__The problem__
The stretch from the line with "filename crates/test_engine/src/guard.rt" through the line with "const DOC: u64 = 7;" in the records below: write it out exactly, and nothing else.
[Opening Record set section]
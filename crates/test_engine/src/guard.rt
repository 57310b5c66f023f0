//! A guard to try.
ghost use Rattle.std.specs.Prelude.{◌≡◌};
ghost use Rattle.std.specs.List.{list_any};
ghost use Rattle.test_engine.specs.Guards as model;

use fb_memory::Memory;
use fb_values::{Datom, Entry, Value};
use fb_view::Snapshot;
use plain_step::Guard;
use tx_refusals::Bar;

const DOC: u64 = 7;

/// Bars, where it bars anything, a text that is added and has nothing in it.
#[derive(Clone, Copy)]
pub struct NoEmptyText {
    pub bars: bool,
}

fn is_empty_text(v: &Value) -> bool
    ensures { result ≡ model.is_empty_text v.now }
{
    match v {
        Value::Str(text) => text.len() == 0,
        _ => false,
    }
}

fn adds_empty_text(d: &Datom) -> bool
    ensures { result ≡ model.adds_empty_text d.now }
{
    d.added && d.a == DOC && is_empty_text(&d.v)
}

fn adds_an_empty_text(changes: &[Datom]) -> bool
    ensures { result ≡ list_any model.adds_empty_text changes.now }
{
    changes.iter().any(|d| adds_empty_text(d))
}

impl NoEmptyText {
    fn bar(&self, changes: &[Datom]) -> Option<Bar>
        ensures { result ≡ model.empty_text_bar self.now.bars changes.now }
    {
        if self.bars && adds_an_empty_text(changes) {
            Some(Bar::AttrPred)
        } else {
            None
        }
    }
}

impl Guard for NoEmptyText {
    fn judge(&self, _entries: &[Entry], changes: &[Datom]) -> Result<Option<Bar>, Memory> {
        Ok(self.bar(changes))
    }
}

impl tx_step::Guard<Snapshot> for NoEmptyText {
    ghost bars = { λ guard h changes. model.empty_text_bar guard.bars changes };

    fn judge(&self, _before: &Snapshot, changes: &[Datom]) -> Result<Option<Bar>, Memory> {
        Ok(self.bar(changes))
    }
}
[Closing Record set section]
[Opening Record set section]
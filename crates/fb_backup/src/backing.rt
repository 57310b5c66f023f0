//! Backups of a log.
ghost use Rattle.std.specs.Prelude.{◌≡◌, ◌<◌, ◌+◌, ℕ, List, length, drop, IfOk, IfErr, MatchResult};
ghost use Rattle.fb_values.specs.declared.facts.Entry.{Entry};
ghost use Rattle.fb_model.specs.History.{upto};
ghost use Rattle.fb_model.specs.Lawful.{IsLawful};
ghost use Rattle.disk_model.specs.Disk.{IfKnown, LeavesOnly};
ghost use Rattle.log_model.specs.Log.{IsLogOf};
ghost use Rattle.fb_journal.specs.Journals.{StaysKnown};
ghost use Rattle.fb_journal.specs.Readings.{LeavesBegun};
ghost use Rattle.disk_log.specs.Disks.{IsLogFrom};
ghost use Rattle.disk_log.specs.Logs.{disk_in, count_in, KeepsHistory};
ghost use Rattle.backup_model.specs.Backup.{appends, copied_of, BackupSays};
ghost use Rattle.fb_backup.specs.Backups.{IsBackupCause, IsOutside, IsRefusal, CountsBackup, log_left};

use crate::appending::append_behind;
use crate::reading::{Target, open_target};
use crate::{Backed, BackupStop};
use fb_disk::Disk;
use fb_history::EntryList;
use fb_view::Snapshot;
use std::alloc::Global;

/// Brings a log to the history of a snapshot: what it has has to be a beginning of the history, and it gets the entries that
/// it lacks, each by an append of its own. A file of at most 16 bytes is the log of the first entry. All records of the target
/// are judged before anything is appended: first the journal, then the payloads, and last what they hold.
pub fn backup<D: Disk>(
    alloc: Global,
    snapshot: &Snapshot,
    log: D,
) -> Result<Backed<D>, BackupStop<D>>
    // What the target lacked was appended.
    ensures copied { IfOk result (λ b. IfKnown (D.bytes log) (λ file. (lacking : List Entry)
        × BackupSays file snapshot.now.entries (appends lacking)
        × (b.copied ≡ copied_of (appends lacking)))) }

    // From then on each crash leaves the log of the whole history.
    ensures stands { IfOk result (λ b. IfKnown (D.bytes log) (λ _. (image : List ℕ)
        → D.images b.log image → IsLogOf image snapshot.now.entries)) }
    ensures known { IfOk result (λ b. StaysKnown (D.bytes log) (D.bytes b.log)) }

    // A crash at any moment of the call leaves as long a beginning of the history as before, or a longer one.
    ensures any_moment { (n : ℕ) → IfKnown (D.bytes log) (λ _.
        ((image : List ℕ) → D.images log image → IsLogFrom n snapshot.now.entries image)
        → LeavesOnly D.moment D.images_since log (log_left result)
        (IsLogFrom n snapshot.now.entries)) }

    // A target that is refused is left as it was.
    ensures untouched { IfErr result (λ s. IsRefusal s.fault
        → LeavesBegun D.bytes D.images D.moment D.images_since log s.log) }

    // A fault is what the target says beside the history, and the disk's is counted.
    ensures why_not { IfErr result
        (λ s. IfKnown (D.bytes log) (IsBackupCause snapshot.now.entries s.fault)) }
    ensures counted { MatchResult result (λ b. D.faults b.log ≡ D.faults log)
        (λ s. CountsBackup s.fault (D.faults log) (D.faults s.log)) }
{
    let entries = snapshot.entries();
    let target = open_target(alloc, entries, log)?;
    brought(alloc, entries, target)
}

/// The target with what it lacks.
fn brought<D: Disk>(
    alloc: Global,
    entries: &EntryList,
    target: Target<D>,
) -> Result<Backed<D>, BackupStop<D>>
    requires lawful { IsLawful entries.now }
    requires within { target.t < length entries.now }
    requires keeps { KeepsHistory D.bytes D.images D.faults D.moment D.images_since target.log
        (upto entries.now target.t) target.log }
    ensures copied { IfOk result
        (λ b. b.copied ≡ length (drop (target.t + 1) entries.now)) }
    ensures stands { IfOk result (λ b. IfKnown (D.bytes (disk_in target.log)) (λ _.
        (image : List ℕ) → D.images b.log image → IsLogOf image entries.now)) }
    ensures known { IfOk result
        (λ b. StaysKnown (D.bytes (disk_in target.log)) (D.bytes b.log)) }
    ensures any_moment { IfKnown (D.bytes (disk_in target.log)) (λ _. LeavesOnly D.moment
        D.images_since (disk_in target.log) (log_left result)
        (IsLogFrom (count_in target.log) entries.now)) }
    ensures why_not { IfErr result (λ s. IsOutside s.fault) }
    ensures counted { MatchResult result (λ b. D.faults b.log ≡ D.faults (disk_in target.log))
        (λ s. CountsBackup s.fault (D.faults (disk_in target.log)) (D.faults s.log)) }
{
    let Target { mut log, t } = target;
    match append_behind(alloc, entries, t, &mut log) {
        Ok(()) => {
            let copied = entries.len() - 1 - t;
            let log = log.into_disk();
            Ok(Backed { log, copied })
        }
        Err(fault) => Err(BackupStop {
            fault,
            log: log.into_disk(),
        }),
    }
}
[Closing Record set section]
__Result__
filename crates/test_engine/src/guard.rt
repository 57310b5c66f023f0
//! A guard to try.
ghost use Rattle.std.specs.Prelude.{◌≡◌};
ghost use Rattle.std.specs.List.{list_any};
ghost use Rattle.test_engine.specs.Guards as model;

use fb_memory::Memory;
use fb_values::{Datom, Entry, Value};
use fb_view::Snapshot;
use plain_step::Guard;
use tx_refusals::Bar;

const DOC: u64 = 7;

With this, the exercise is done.